Who
The Minor Works Program is a neighbourhood initiative supported by social enterprise Neighbourhood Node Pty Ltd.
It is developed with and alongside neighbours who are interested in advancing their own ideas and supporting the ideas of others. Participation in shaping the program itself is open — people can contribute insights, experience, feedback, or energy in ways that suit them.
Different parts of the program are supported by small, autonomous teams, such as the Project Guides team and the Soup Night team, who take responsibility for establishing and strengthening those elements. From time to time, an open Minor Works Program meeting brings people together to share learning, reflect on what’s working, and improve the program as a whole.
Custodians of the framework and bringing everything together is done by the Neighbourhood Node team: Annemijn van Marlen (Community Engagement Manager and Minor Works design lead) and Joost den Hartog (Neighbourhood Node Managing Director).
The development of the Minor Works Program has been supported by a Fay Fuller Foundation Discovery Grant, allowing time for learning, prototyping, and adaptation.
What
The Minor Works Program provides a flexible, practical framework that helps local ideas become shared, actionable projects.
This includes activities such as Soup Nights and Spark Sessions, along with guidance, tools, resources, relationships, and supporting infrastructure. Together, these elements form a local participatory ecosystem underpinned by a practical project support system.
The focus is on tangible support for people who want to do something — to try an idea, work alongside others, and learn through action. The program creates opportunities for collaboration, learning, and connection, while ensuring that people who want to participate have a real chance to contribute and be heard.
Tools and resources developed through Minor Works are intended to be shared openly, so they can be used for the public good in other places and contexts.
Why
Minor Works emerged from a simple but important insight: neighbourhoods are full of ideas, care, and potential, but many people don’t act on them.

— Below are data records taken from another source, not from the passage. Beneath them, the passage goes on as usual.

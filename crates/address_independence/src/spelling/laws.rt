//! The laws, the contract of a function that does nothing.

ghost use Rattle.address_independence.specs.spelling.Laws.{AreTypedAlike, AreShownAlike};

/// What the grammar makes of a source decides what unit it is, what it shows and which faults are in it; it does nothing.
pub fn spelled_trees_laws()
    ensures typed { AreTypedAlike }
    ensures shown { AreShownAlike }
{}
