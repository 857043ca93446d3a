// One datagram of a burst: handed over at its milliseconds, and its number written into a lent list.
#![tactic(auto)]

ghost use Rattle.std.specs.Prelude.{◌≡◌, ◌+◌, ◌*◌, ◌≤◌, ◌<◌, length, get_or, set};
ghost use Rattle.call_burst_lists.specs.Times.{times_by, lent_by};
ghost use Rattle.call_history.specs.Model as model;
ghost use Rattle.call_burst_step.specs.Datagram.{call_at};
ghost use Rattle.call_burst_step.specs.Steps.{answer_by, bytes_by, time_at, is_reading, number_in};

use clock32::LowMillis;
use node::{MonotonicMillis, UnixSeconds};

// The milliseconds of a datagram: full, or a reading of 32 bits.
#[derive(Clone, Copy)]
pub enum Time {
    Full(MonotonicMillis),
    Reading(LowMillis),
}

// The milliseconds of datagram `i`.
fn time_at(millis: &[u64], readings: &[u32], i: usize, low: bool) -> Time
    requires { i < length (times_by low millis.now readings.now) }
    ensures { result ≡ time_at low millis.now readings.now i }
{
    if low {
        return Time::Reading(LowMillis(readings[i]));
    }
    Time::Full(MonotonicMillis(millis[i]))
}

// A datagram at its milliseconds. The answer number.
fn receive(
    table: &mut [u8],
    time: Time,
    unix: UnixSeconds,
    address: &[u8],
    port: u16,
    signer: &[u8],
    datagram: &[u8],
) -> u8
    ensures value { result ≡ answer_by (is_reading time) table.old (model.datagram (number_in time) unix.0 address.now port signer.now datagram.now) }
    ensures table_after { table.new ≡ bytes_by (is_reading time) table.old (model.datagram (number_in time) unix.0 address.now port signer.now datagram.now) }
{
    match time {
        Time::Full(clock) => {
            let received = call_datagram::datagram_on(
                table, clock, unix, address, port, signer, datagram,
            );
            call_answer::number(received)
        }
        Time::Reading(reading) => {
            let received = call_low::datagram_low_on(
                table, reading, unix, address, port, signer, datagram,
            );
            call_answer::number(received)
        }
    }
}

// Hands over datagram `i`, whose bytes begin at index `at`, and writes its number.
pub fn hand_over(
    table: &mut [u8],
    numbers: &mut [u8],
    buffer: &[u8],
    lengths: &[usize],
    signers: &[u8],
    addresses: &[u8],
    ports: &[u16],
    millis: &[u64],
    readings: &[u32],
    unix: &[u64],
    i: usize,
    at: usize,
    low: bool,
)
    requires i_bound { (i < 32) × (i < length numbers.old) × (i < length lengths.now) × (at + get_or lengths.now i 0 ≤ length buffer.now) }
    requires i_in_bounds { (64 * i + 64 ≤ length signers.now) × (17 * i + 17 ≤ length addresses.now) }
    requires i_in_bounds_2 { (i < length ports.now) × (i < length (times_by low millis.now readings.now)) × (i < length unix.now) }
    ensures table_after { table.new ≡ bytes_by low table.old (call_at (lent_by low buffer.now lengths.now signers.now addresses.now ports.now millis.now readings.now unix.now) i at) }
    ensures numbers_after { numbers.new ≡ set numbers.old i (answer_by low table.old (call_at (lent_by low buffer.now lengths.now signers.now addresses.now ports.now millis.now readings.now unix.now) i at)) }
{
    let end = at + lengths[i];
    numbers[i] = receive(
        table,
        time_at(millis, readings, i, low),
        UnixSeconds(unix[i]),
        call_burst_lists::address_at(addresses, i),
        ports[i],
        call_burst_lists::signer_at(signers, i),
        &buffer[at..end],
    );
}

Often this isn’t because people lack motivation. It’s because opportunities feel limited, processes feel complicated, and access to support, know-how, or networks is uneven.
The Minor Works Program exists to change those conditions.
By making participation easier, more accessible, and more supported, the program aims to empower individuals, strengthen community connections, and improve social wellbeing. Working together on small, meaningful projects helps build confidence, trust, and a sense of shared responsibility — all of which contribute to more caring, just, and resilient neighbourhoods.
How
Minor Works works by creating the conditions where participation can grow.
Ideas start small and are shaped collectively through simple, repeatable processes. Activities like Soup Nights and Spark Sessions provide entry points where people can share ideas, connect with others, and explore what’s possible together.
Project Guides play a key role in supporting this process. They offer practical project support and inclusive facilitation, helping ideas move into action while making sure participation feels safe, welcoming, and shared. Their role is to support people to lead together, rather than leading projects themselves.
The program is designed to be accessible and flexible at every stage. Barriers to participation are actively reduced, and there is ongoing attention to who is participating, who isn’t yet, and how the program can continue to improve.
Through repeated experiences of working together, Minor Works builds long-term community capability — which we describe as Socialannuation — the compounding value stored in relationships, trust, confidence, and the ability to act together again.